Students could be automatically assigned to area schools under some proposals being considered by the SFUSD board.

Students could be automatically assigned to area schools under some proposals being considered by the SFUSD board.

School district faces tough assignment this year as it reworks lottery system

Nearly a year after the San Francisco Unified School District board directed staff to begin developing a new process for assigning students to public schools, the district has come forward with three potential proposals.

Each concept is based on the goals of achieving greater “predictability, diversity and proximity” for families in the assignment process, school district officials said at a special school board committee hearing held last month.

The district will be gathering input at a number of community meetings scheduled for the beginning of this year before a final proposal is forwarded to the school board for approval in June.

A new assignment system, which initially would only apply to elementary schools, could be in place by the 2022-2023 school year.

The current process determining school assignments has long drawn the ire of families, who are required to take part in a complicated lottery system. That system, implemented in 2011, was intended to ensure diversity in schools, but district leaders who last year voted unanimously for an overhaul say it has fallen short of that goal.

Under the first proposal, families would be automatically assigned to a school located in their attendance area — a geographic boundary to be determined by the district that includes one school — before being given the option to choose from the district’s portfolio of citywide schools.

“The idea is that elementary students would get an automatic assignment to a single school based on where they live, then can opt to participate in choice process with citywide schools,” said Orla O’Keeffe, the San Francisco Unified School District’s chief of policy and operations, at a Dec. 3 hearing on the issue.

The second proposal does not offer automatic assignment, but would give families an option of three to five elementary schools to choose from in a designated zone through a choice-based system, before opening the process up to include citywide schools.

Lastly, district officials have proposed a concept that is similar to the second, but would first expose students to a choice system in “medium”-sized zones, comprised of eight to 12 schools, and would not offer the option of a citywide choice process after that.

O’Keeffe said that all three options would require “some significant structural shifts within SFUSD.”

Currently, the assignment system is based on a choice process that places students in their highest ranked requested school, so long as there are openings.

If the requests for a particular school outnumber the openings there, students are placed at their subsequent choices through a complicated algorithm that weighs a series of factors, or “tie-breakers” — including whether a student has a sibling at a school or lives in the attendance area.

According to a resolution passed last year, “choice systems are limited in their ability to reverse the trend of racial isolation and the concentration of underserved students in the same school.” The reasoning is that the applicant pools for individual schools are racially isolated, and all families do not have the same opportunity to choose schools and submit choices due to language or technological barriers.

Even with the proposed concepts, some of the school board members who weighed in worried that equity issues regarding enrollment at certain schools would persist.

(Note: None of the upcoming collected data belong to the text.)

/// The same of pselect6. A second word on the stack that can't be read, before all else; the pair of the mask's address and its size, before
/// the time; a time that can't be read, before the size; 1,000,000,000 nanoseconds, and seconds below 0, before the mask is read; another
/// size than 16, before the mask is read; a mask that can't be read, before the count; no mask, whose size is nothing; a count, before sets;
/// sets, before descriptors.
const PREFUSED: &str = r"
    addiu $a0 $zero 0xFFFF; addiu $a1 $zero 0; addiu $a2 $zero 0; addiu $a3 $zero 0; addiu $sp $sp 0xAC
    sw $zero 16 $sp; addiu $v0 $zero pselect6; syscall
    addiu $a0 $v0 0; addiu $v0 $zero exit; syscall
    o32run run p = exited 14 14 11

    addiu $t0 $zero 0xFFFF; sw $t0 0xFFF0 $sp
    addiu $t0 $sp 0xFFF0; sw $t0 16 $sp
    lui $t0 0x50; sw $t0 20 $sp
    addiu $a0 $zero 0; addiu $a1 $zero 0; addiu $a2 $zero 0; addiu $a3 $zero 0; addiu $v0 $zero pselect6; syscall
    addiu $a0 $v0 0; addiu $v0 $zero exit; syscall
    o32run run p = exited 14 14 15

    addiu $t0 $sp 0xFFD0; sw $t0 0xFFE8 $sp; addiu $t0 $zero 8; sw $t0 0xFFEC $sp
    lui $t0 0x50; sw $t0 16 $sp
    addiu $t0 $sp 0xFFE8; sw $t0 20 $sp
    addiu $a0 $zero 0; addiu $a1 $zero 0; addiu $a2 $zero 0; addiu $a3 $zero 0; addiu $v0 $zero pselect6; syscall
    addiu $a0 $v0 0; addiu $v0 $zero exit; syscall
    o32run run p = exited 14 14 17

    lui $t0 0x3B9A; ori $t0 $t0 0xCA00; sw $t0 0xFFF4 $sp
    lui $t0 0x50; sw $t0 0xFFE8 $sp; addiu $t0 $zero 16; sw $t0 0xFFEC $sp
    addiu $t0 $sp 0xFFF0; sw $t0 16 $sp
    addiu $t0 $sp 0xFFE8; sw $t0 20 $sp
    addiu $a0 $zero 0; addiu $a1 $zero 0; addiu $a2 $zero 0; addiu $a3 $zero 0; addiu $v0 $zero pselect6; syscall
    addiu $a0 $v0 0; addiu $v0 $zero exit; syscall
    o32run run p = exited 22 22 20

    addiu $t0 $zero 0xFFFF; sw $t0 0xFFF0 $sp
    lui $t0 0x50; sw $t0 0xFFE8 $sp; addiu $t0 $zero 16; sw $t0 0xFFEC $sp
    addiu $t0 $sp 0xFFF0; sw $t0 16 $sp
    addiu $t0 $sp 0xFFE8; sw $t0 20 $sp
    addiu $a0 $zero 0; addiu $a1 $zero 0; addiu $a2 $zero 0; addiu $a3 $zero 0; addiu $v0 $zero pselect6; syscall
    addiu $a0 $v0 0; addiu $v0 $zero exit; syscall
    o32run run p = exited 22 22 19

    lui $t0 0x50; sw $t0 0xFFE8 $sp; addiu $t0 $zero 8; sw $t0 0xFFEC $sp
    addiu $t0 $sp 0xFFF0; sw $t0 16 $sp
    addiu $t0 $sp 0xFFE8; sw $t0 20 $sp
    addiu $a0 $zero 0; addiu $a1 $zero 0; addiu $a2 $zero 0; addiu $a3 $zero 0; addiu $v0 $zero pselect6; syscall
    addiu $a0 $v0 0; addiu $v0 $zero exit; syscall
    o32run run p = exited 22 22 17

    lui $t0 0x50; sw $t0 0xFFE8 $sp; addiu $t0 $zero 16; sw $t0 0xFFEC $sp
    addiu $t0 $sp 0xFFF0; sw $t0 16 $sp
    addiu $t0 $sp 0xFFE8; sw $t0 20 $sp
    addiu $a0 $zero 0xFFFF; addiu $a1 $zero 0; addiu $a2 $zero 0; addiu $a3 $zero 0; addiu $v0 $zero pselect6; syscall
    addiu $a0 $v0 0; addiu $v0 $zero exit; syscall
    o32run run p = exited 14 14 17

    sw $zero 0xFFE8 $sp; addiu $t0 $zero 8; sw $t0 0xFFEC $sp
    addiu $t0 $sp 0xFFF0; sw $t0 16 $sp
    addiu $t0 $sp 0xFFE8; sw $t0 20 $sp
    addiu $a0 $zero 0; addiu $a1 $zero 0; addiu $a2 $zero 0; addiu $a3 $zero 0; addiu $v0 $zero pselect6; syscall
    addiu $a0 $v0 0; addiu $v0 $zero exit; syscall
    o32run run p = exited 0 0 16

    addiu $t0 $sp 0xFFD0; sw $t0 0xFFE8 $sp; addiu $t0 $zero 16; sw $t0 0xFFEC $sp
    addiu $t0 $sp 0xFFF0; sw $t0 16 $sp
    addiu $t0 $sp 0xFFE8; sw $t0 20 $sp
    addiu $a0 $zero 0xFFFF; lui $a1 0x50; addiu $a2 $zero 0; addiu $a3 $zero 0; addiu $v0 $zero pselect6; syscall
    addiu $a0 $v0 0; addiu $v0 $zero exit; syscall
    o32run run p = exited 22 22 17

    addiu $t0 $zero 0x200; sw $t0 0xFF90 $sp
    addiu $t0 $sp 0xFFD0; sw $t0 0xFFE8 $sp; addiu $t0 $zero 16; sw $t0 0xFFEC $sp
    addiu $t0 $sp 0xFFF0; sw $t0 16 $sp
    addiu $t0 $sp 0xFFE8; sw $t0 20 $sp
    addiu $a0 $zero 10; addiu $a1 $zero 0; addiu $a2 $sp 0xFF90; lui $a3 0x50; addiu $v0 $zero pselect6; syscall
    addiu $a0 $v0 0; addiu $v0 $zero exit; syscall
    o32run run p = exited 14 14 19

    addiu $t0 $zero 0x200; sw $t0 0xFF90 $sp
    addiu $t0 $sp 0xFFD0; sw $t0 0xFFE8 $sp; addiu $t0 $zero 16; sw $t0 0xFFEC $sp
    addiu $t0 $sp 0xFFF0; sw $t0 16 $sp
    addiu $t0 $sp 0xFFE8; sw $t0 20 $sp
    addiu $a0 $zero 10; addiu $a1 $zero 0; addiu $a2 $sp 0xFF90; addiu $a3 $zero 0; addiu $v0 $zero pselect6; syscall
    addiu $a0 $v0 0; addiu $v0 $zero exit; syscall
    o32run run p = exited 9 9 19

    addiu $t0 $zero 0xFFFF; sw $t0 0xFFF4 $sp
    addiu $t0 $sp 0xFFF0; sw $t0 16 $sp
    sw $zero 20 $sp
    addiu $a0 $zero 0; addiu $a1 $zero 0; addiu $a2 $zero 0; addiu $a3 $zero 0; addiu $v0 $zero pselect6; syscall
    addiu $a0 $v0 0; addiu $v0 $zero exit; syscall
    o32run run p = exited 22 22 14
";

“I’m concerned that there’s too much choice,” said Commissioner Gabriela Lopez. “Really highlighting what schools have to offer is something I’d like to see in this process. How are we sharing what each school is able to do, what languages they offer?”

Commissioner Alison Collins said that any new system would have to work to intentionally “center” families who historically have struggled with the assignment process.

“I want to see how we are centering those groups of folks [that] have very different needs. In some cases the need may be similar, like technology access in low income communities,” said Collins. “But there are also different barriers — having an IEP is very different than speaking English as a second language. How will this enrollment system be made easier for those families?”

Along with the community hearings, O’Keeffe said that district staff will be partnering with researchers to explore ways of measuring diversity and integration and test how the proposed concepts align with the district’s stated goals.

A draft policy recommendation is expected to be reviewed on April 20 by an ad hoc committee on student assignment, which will provide input at that time.